### TASK DIRECTIONS
Write out once more the lines running from the top of the entries below to the line with "region.back_to(first);", both ends included.

::: SUPPLIED RECORDS

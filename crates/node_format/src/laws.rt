//! Laws about what a node is, for the crates above.

ghost use Rattle.node_format.specs.Faults.{HasOneSpelling};
ghost use Rattle.node_format.specs.Found.{FindsItems};

/// Two nodes with the same bytes are one: call it where a proof needs this. It does nothing.
pub fn law_of_spelling()
    ensures { HasOneSpelling }
{}

/// A node's items are found in its bytes. It does nothing.
pub fn law_of_items()
    ensures { FindsItems }
{}
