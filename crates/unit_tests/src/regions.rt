//! Pieces placed in a region: read by their spans, gone back from, sealed; and where their pages come from.

use chunk_region::{PagePool, Region};
use std::alloc::AllocError;
use std::test::Fail;

/// Whether a third piece was refused, for which memory is taken, where both pages of the pool are full; and how many pages are free then, gone back
/// to the first mark, behind one more piece, and after a refill.
fn free_at_each_step(region: &mut Region) -> Result<(bool, [u32; 4]), AllocError> {
    let first = region.mark();
    let page = [7u8; 65_536];
    region.place(&page)?;
    region.place(&page)?;
    let full = region.free_pages();
    let refused = region.place(b"!").is_err();
    region.back_to(first);
    let back = region.free_pages();
    region.place(&page)?;
    let used = region.free_pages();
    region.refill(16)?;
    Ok((refused, [full, back, used, region.free_pages()]))
}

// A run in which that piece's memory is refused passes, too.
#[test]
fn pages_come_from_the_pool_and_go_back_to_it(rt: HostRuntime) -> Result<(), Fail> {
    let mut region = Region::new(PagePool::with_pages(rt.alloc(), 2)?);
    let (refused, free) = free_at_each_step(&mut region)?;
    let wanted = if refused {
        [0, 2, 1, 16]
    } else {
        [0, 3, 2, 16]
    };
    assert!(rt; free == wanted);
    region.clear();
    let mut pool = region.release();
    pool.refill(3)?;
    assert!(rt; pool.free_pages() == 17);
    let mut two = PagePool::with_pages(rt.alloc(), 2)?;
    two.refill(16)?;
    assert!(rt; two.free_pages() == 16);
    Ok(())
}

/// Whether a piece is read by its span, still so where the next one is gone back from, and in what is sealed then.
fn is_kept(mut region: Region) -> Result<bool, AllocError> {
    let word = region.place(b"word")?;
    let mark = region.mark();
    region.place(&[7u8; 65_536])?;
    let was_read = region.bytes(word) == b"word".as_slice();
    region.back_to(mark);
    let still_read = region.bytes(word) == b"word".as_slice();
    let (sealed, pool) = region.seal();
    let sealed_read = sealed.bytes(word) == b"word".as_slice();
    Ok(was_read && still_read && sealed_read && pool.free_pages() == 1)
}

#[test]
fn what_was_placed_before_a_mark_stays(rt: HostRuntime) -> Result<(), Fail> {
    assert!(rt; is_kept(Region::new(PagePool::with_pages(rt.alloc(), 2)?))?);
    Ok(())
}
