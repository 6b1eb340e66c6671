//! A region's bytes on pages that several holders share.

ghost use Rattle.std.specs.Prelude.{◌≡◌, ◌+◌, ◌<◌, ◌++◌, ◌^◌, length, IfOk};
ghost use Rattle.chunk_region.specs.Pages.{IsWritten, Stands};

use crate::Span;
use smallvec::SmallVec;
use std::alloc::{AllocError, Global};
use std::default::MadeWith;
use std::marker::Model;
use std::sync::Arc;

/// The bytes of a page, in memory of just their size, never to change again.
#[derive(Drop)]
pub(crate) struct SharedPage {
    // none in the places of a list that no page has taken
    bytes: Option<Arc<Vec<u8>>>,
}

impl Model for SharedPage {
    ghost use Rattle.std.specs.Prelude.{ℕ, List, [], Vec};
    ghost use Rattle.std.specs.Option.{option_map_or};
    ghost use Rattle.std.specs.declared.alloc.Global.{Global};
    ghost use Rattle.std.specs.Arc.{arc_value};

    ghost Value = { List ℕ };

    ghost view = { λ page. option_map_or (λ bytes. (arc_value {X = Vec ℕ Global} bytes).items) page.bytes [] };
}

impl MadeWith<Global> for SharedPage {
    fn made_with(_: Global) -> SharedPage {
        SharedPage { bytes: None }
    }
}

impl SharedPage {
    pub(crate) fn copy_of(alloc: Global, bytes: &[u8]) -> Result<SharedPage, AllocError>
        ensures { IfOk result (λ page. page ≡ bytes.now) }
    {
        let bytes = Vec::from_slice(alloc, bytes)?;
        Ok(SharedPage {
            bytes: Some(Arc::new(alloc, bytes)?),
        })
    }

    /// The same page for another holder.
    fn share(&self) -> Result<SharedPage, AllocError>
        ensures { IfOk result (λ page. page ≡ self.now) }
    {
        let bytes = match &self.bytes {
            Some(bytes) => Some(Arc::try_clone(bytes)?),
            None => None,
        };
        Ok(SharedPage { bytes })
    }

    fn as_slice(&self) -> &[u8]
        ensures { result.now ≡ self.now }
    {
        match &self.bytes {
            Some(bytes) => bytes.as_slice(),
            None => &[],
        }
    }
}

/// Pages, of which the first four take no memory for their list: most copies have one, and join a few others.
pub(crate) type PageList = SmallVec<SharedPage, 4>;

/// Bytes on pages that several holders share, to be read by spans. A contract sees the bytes of each page.
#[derive(Drop)]
pub struct SharedPages {
    pub(crate) pages: PageList,
}

impl Model for SharedPages {
    ghost use Rattle.std.specs.Prelude.{ℕ, List, length, ◌<◌, ◌^◌};

    ghost Value = { List (List ℕ) };

    ghost view = { λ shared. shared.pages.items };

    ghost invariant = { λ shared. length shared.pages.items < 2 ^ 32 };
}

impl SharedPages {
    /// How many pages there are.
    pub fn pages(&self) -> u32
        ensures { result ≡ length self.now }
    {
        self.pages.len() as u32
    }

    /// The bytes that were placed at `span`, in constant time.
    pub fn bytes(&self, span: Span) -> &[u8]
        requires { IsWritten self.now span }
        ensures { Stands self.now span result.now }
    {
        let page = &self.pages[span.page as usize];
        let bytes = page.as_slice();
        let start = span.start as usize;
        &bytes[start..start + span.len as usize]
    }

    /// These pages, and behind them those of another one, which both hold from now on: no bytes are copied.
    ///
    /// Where there would be more than 2^32 - 1 pages the answer is want of memory.
    pub fn joined(self, other: &SharedPages) -> Result<SharedPages, AllocError>
        ensures pages { IfOk result (λ both. both ≡ self ++ other.now) }
        ensures few { IfOk result (λ both. length both < 2 ^ 32) }
    {
        let SharedPages { mut pages } = self;
        let count = pages.len() + other.pages.len();
        if count > u32::MAX as usize {
            return Err(AllocError);
        }
        pages.reserve(other.pages.len())?;
        for page in other.pages.as_slice() {
            pages.push(page.share()?)?;
        }
        Ok(SharedPages { pages })
    }
}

::::::

### WRITTEN ANSWER
filename crates/node_format/src/laws.rt
//! Laws about what a node is, for the crates above.

ghost use Rattle.node_format.specs.Faults.{HasOneSpelling};
ghost use Rattle.node_format.specs.Found.{FindsItems};

/// Two nodes with the same bytes are one: call it where a proof needs this. It does nothing.
pub fn law_of_spelling()
    ensures { HasOneSpelling }
{}

/// A node's items are found in its bytes. It does nothing.
pub fn law_of_items()
    ensures { FindsItems }
{}
filename crates/unit_tests/src/regions.rt
//! Pieces placed in a region: read by their spans, gone back from, sealed; and where their pages come from.

use chunk_region::{PagePool, Region};
use std::alloc::AllocError;
use std::test::Fail;

/// Whether a third piece was refused, for which memory is taken, where both pages of the pool are full; and how many pages are free then, gone back
/// to the first mark, behind one more piece, and after a refill.
fn free_at_each_step(region: &mut Region) -> Result<(bool, [u32; 4]), AllocError> {
    let first = region.mark();
    let page = [7u8; 65_536];
    region.place(&page)?;
    region.place(&page)?;
    let full = region.free_pages();
    let refused = region.place(b"!").is_err();
    region.back_to(first);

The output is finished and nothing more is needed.